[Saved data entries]
════════════════

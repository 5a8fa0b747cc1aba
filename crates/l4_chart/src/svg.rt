//! A chart as a picture.
ghost use Rattle.std.specs.Prelude.{◌≡◌, ◌++◌, ◌-◌, IfOk, None, OnOk, flat_map, length, map, take};
ghost use Rattle.std.specs.List.{enumerate_from};
ghost use Rattle.std.specs.String.{string_bytes};
ghost use Rattle.l4_json.specs.Lines.{all_but_last};
ghost use Rattle.l4_words.specs.Lines.{parts_of};
ghost use Rattle.l4_chart.specs.Charts.{drawn_of, row_of};
ghost use Rattle.l4_chart.specs.Pictures.{ended_wait, wait_at, wait_line, waits_from, waits_picture};
ghost use Rattle.l4_chart.specs.Pictures.{waits_since};
ghost use Rattle.l4_chart.specs.Pictures.{arrow, back, band, band_at, bands, behind, behind_rows};
ghost use Rattle.l4_chart.specs.Pictures.{border, circle_picture, circles_picture, clock_at};
ghost use Rattle.l4_chart.specs.Pictures.{clock_line, clock_over, columns_picture, columns_start};
ghost use Rattle.l4_chart.specs.Pictures.{columns_width, count_of_cpu, dot, first_of_cpu, hit, new_band};
ghost use Rattle.l4_chart.specs.Pictures.{number_at, open_arrow, open_stroke, picture_begin};
ghost use Rattle.l4_chart.specs.Pictures.{picture_of, row_class, row_hit, row_picture};
ghost use Rattle.l4_chart.specs.Pictures.{rows_picture, standing_picture, standings_picture};
ghost use Rattle.l4_chart.specs.Pictures.{stroke_picture, thread_at, thread_line, title, words_at};
ghost use Rattle.l4_chart.specs.Pictures.{words_in};
ghost use Rattle.l4_chart.specs.Scenes.{row_y, width_of};

use crate::cells::{Stroke, stroke_of};
use crate::chart::{Chart, Row};
use crate::columns::Column;
use crate::marks::Kind;
use crate::markup::escaped;
use crate::scene::Scene;
use crate::shapes::{class_of, outline_of};
use crate::standings::Standing;
use crate::waiting::waits_at;
use crate::words::words_of;
use l4_types::errors::NoMemory;
use l4_words::lines::split_line;
use std::alloc::{AllocError, Global};

/// The colours and lines of a picture, for light and for dark screens.
pub(crate) const STYLE: &str = "\
text{font:12px ui-monospace,Menlo,Consolas,'DejaVu Sans Mono',monospace;fill:#1f2328}
.paper{fill:#fff}
.band{fill:#f3f5f7}
.hit{fill:none;pointer-events:all}
.row:hover .hit{fill:#8c959f33}
.id,.cpu{text-anchor:middle}
.id{font-weight:bold}
.number{text-anchor:end}
.number,.cpu{fill:#59636e}
.failure text{fill:#cf222e}
path{fill:none;stroke:#1f2328;stroke-width:1.5}
path.thread{stroke:#b7bfc8;stroke-width:1}
path.waits{stroke:#8c959f;stroke-width:5;stroke-dasharray:1 3}
path.arrow{stroke:#0969da;stroke-width:2}
path.local{fill:#1f2328;stroke:none}
path.begin,path.queue,path.wait{fill:#fff}
path.sfail,path.rfail{stroke:#cf222e;stroke-width:2}
path.sfail{stroke-width:3}
path.rfail{fill:#fff}
path.order,path.obey{fill:#8250df;stroke:none}
path.retarget{stroke:#8250df}
path.clock{stroke:#9a6700;stroke-dasharray:6 4}
path.open{stroke:#cf222e;stroke-width:2;stroke-dasharray:4 4}
path.lost{stroke:#cf222e;stroke-width:2;fill:#fff}
path.ended,path.deleted{stroke-width:2}
path.behind{stroke:#b7bfc8}
.circle text{fill:#cf222e;font-weight:bold}
text.time{fill:#9a6700}
@media(prefers-color-scheme:dark){
text{fill:#f0f6fc}
.paper{fill:#0d1117}
.band{fill:#161d26}
.number,.cpu{fill:#9198a1}
.failure text{fill:#ff7b72}
path{stroke:#f0f6fc}
path.thread{stroke:#4a525c}
path.waits{stroke:#6e7681}
path.arrow{stroke:#4493f8}
path.local{fill:#f0f6fc}
path.begin,path.queue,path.wait{fill:#0d1117}
path.sfail,path.rfail{stroke:#ff7b72}
path.rfail{fill:#0d1117}
path.order,path.obey{fill:#ab7df8}
path.retarget{stroke:#ab7df8}
path.clock{stroke:#d29922}
path.open{stroke:#ff7b72}
path.lost{stroke:#ff7b72;fill:#0d1117}
path.behind{stroke:#4a525c}
.circle text{fill:#ff7b72}
text.time{fill:#d29922}
}
";

// How many characters of a line are shown. The title has all of them.
const SHOWN_CHARACTERS: usize = 60;

// How many columns are of this processor. They stand one after another.
fn count_of_cpu(columns: &[Column], cpu: u8) -> usize
    ensures { result ≡ count_of_cpu columns.now cpu }
{
    columns.iter().filter(|column| column.cpu == cpu).count()
}

// The left edge of a column.
fn columns_start(scene: &Scene, first: usize) -> u64
    ensures { result ≡ columns_start scene.now first }
{
    scene.column_x(first).saturating_sub(scene.step / 2)
}

// How wide so many columns are.
fn columns_width(scene: &Scene, count: usize) -> u64
    ensures { result ≡ columns_width scene.now count }
{
    scene.step.saturating_mul(count as u64)
}

fn push_band_at(
    svg: &mut String,
    x: u64,
    width: u64,
    height: u64,
    cpu: u8,
) -> Result<(), AllocError>
    ensures { OnOk result (string_bytes svg.new ≡
        string_bytes svg.old ++ band_at x width height cpu) }
{
    let middle = x.saturating_add(width / 2);
    writeln!(
        svg,
        "<g><title>cpu {cpu}</title><rect class=\"band\" x=\"{x}\" y=\"4\" width=\"{width}\" \
         height=\"{height}\" rx=\"6\"/>\
         <text class=\"cpu\" x=\"{middle}\" y=\"22\">cpu {cpu}</text></g>"
    )
}

// Appends the band of a processor, behind its threads.
fn push_band(
    svg: &mut String,
    scene: &Scene,
    first: usize,
    count: usize,
    cpu: u8,
) -> Result<(), AllocError>
    ensures { OnOk result (string_bytes svg.new ≡
        string_bytes svg.old ++ band scene.now first count cpu) }
{
    let x = columns_start(scene, first).saturating_add(2);
    let width = columns_width(scene, count).saturating_sub(4);
    push_band_at(svg, x, width, scene.height(), cpu)
}

// Appends the band of the processor of a thread, unless the thread before is on it.
#[tactic(auto, unfolding(crate::specs::Pictures::new_band))]
fn push_new_band(
    svg: &mut String,
    scene: &Scene,
    columns: &[Column],
    before: Option<u8>,
    place: usize,
    column: &Column,
) -> Result<(), AllocError>
    ensures { OnOk result (string_bytes svg.new ≡ string_bytes svg.old ++
        new_band scene.now columns.now before (place, column.now)) }
{
    if before == Some(column.cpu) {
        return Ok(());
    }
    push_band(
        svg,
        scene,
        place,
        count_of_cpu(columns, column.cpu),
        column.cpu,
    )
}

fn push_bands(svg: &mut String, scene: &Scene, columns: &[Column]) -> Result<(), AllocError>
    ensures { OnOk result (string_bytes svg.new ≡ string_bytes svg.old ++
        bands scene.now columns.now None 0 columns.now) }
{
    let mut before = None;
    for (place, column) in columns.iter().enumerate() {
        push_new_band(svg, scene, columns, before, place, column)?;
        before = Some(column.cpu);
    }
    Ok(())
}

fn push_thread_at(
    svg: &mut String,
    x: u64,
    end: u64,
    number: u32,
    version: u32,
) -> Result<(), AllocError>
    ensures { OnOk result (string_bytes svg.new ≡
        string_bytes svg.old ++ thread_at x end number version) }
{
    writeln!(
        svg,
        "<g><title>{number}.{version}</title><path class=\"thread\" d=\"M{x} 50V{end}\"/>\
         <text class=\"id\" x=\"{x}\" y=\"44\">{number}.{version}</text></g>"
    )
}

fn push_thread(
    svg: &mut String,
    scene: &Scene,
    place: usize,
    column: &Column,
) -> Result<(), AllocError>
    ensures { OnOk result (string_bytes svg.new ≡
        string_bytes svg.old ++ thread_line scene.now (place, column.now)) }
{
    push_thread_at(
        svg,
        scene.column_x(place),
        scene.height(),
        column.id.number(),
        column.id.version(),
    )
}

fn push_threads(svg: &mut String, scene: &Scene, columns: &[Column]) -> Result<(), AllocError>
    ensures { OnOk result (string_bytes svg.new ≡ string_bytes svg.old ++
        flat_map (thread_line scene.now) (enumerate_from 0 columns.now)) }
{
    for (place, column) in columns.iter().enumerate() {
        push_thread(svg, scene, place, column)?;
    }
    Ok(())
}

/// Appends the processors and the threads of a chart.
pub(crate) fn push_columns(
    svg: &mut String,
    scene: &Scene,
    columns: &[Column],
) -> Result<(), AllocError>
    ensures { OnOk result (string_bytes svg.new ≡
        string_bytes svg.old ++ columns_picture scene.now columns.now) }
{
    push_bands(svg, scene, columns)?;
    push_threads(svg, scene, columns)
}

════════════════

All that should appear in the response is the run of lines from the first line of the entries through the line containing "use crate::marks::Kind;", copied exactly.

repository 5a8fa0b747cc1aba
filename crates/l4_chart/src/svg.rt
//! A chart as a picture.
ghost use Rattle.std.specs.Prelude.{◌≡◌, ◌++◌, ◌-◌, IfOk, None, OnOk, flat_map, length, map, take};
ghost use Rattle.std.specs.List.{enumerate_from};
ghost use Rattle.std.specs.String.{string_bytes};
ghost use Rattle.l4_json.specs.Lines.{all_but_last};
ghost use Rattle.l4_words.specs.Lines.{parts_of};
ghost use Rattle.l4_chart.specs.Charts.{drawn_of, row_of};
ghost use Rattle.l4_chart.specs.Pictures.{ended_wait, wait_at, wait_line, waits_from, waits_picture};
ghost use Rattle.l4_chart.specs.Pictures.{waits_since};
ghost use Rattle.l4_chart.specs.Pictures.{arrow, back, band, band_at, bands, behind, behind_rows};
ghost use Rattle.l4_chart.specs.Pictures.{border, circle_picture, circles_picture, clock_at};
ghost use Rattle.l4_chart.specs.Pictures.{clock_line, clock_over, columns_picture, columns_start};
ghost use Rattle.l4_chart.specs.Pictures.{columns_width, count_of_cpu, dot, first_of_cpu, hit, new_band};
ghost use Rattle.l4_chart.specs.Pictures.{number_at, open_arrow, open_stroke, picture_begin};
ghost use Rattle.l4_chart.specs.Pictures.{picture_of, row_class, row_hit, row_picture};
ghost use Rattle.l4_chart.specs.Pictures.{rows_picture, standing_picture, standings_picture};
ghost use Rattle.l4_chart.specs.Pictures.{stroke_picture, thread_at, thread_line, title, words_at};
ghost use Rattle.l4_chart.specs.Pictures.{words_in};
ghost use Rattle.l4_chart.specs.Scenes.{row_y, width_of};

use crate::cells::{Stroke, stroke_of};
use crate::chart::{Chart, Row};
use crate::columns::Column;
use crate::marks::Kind;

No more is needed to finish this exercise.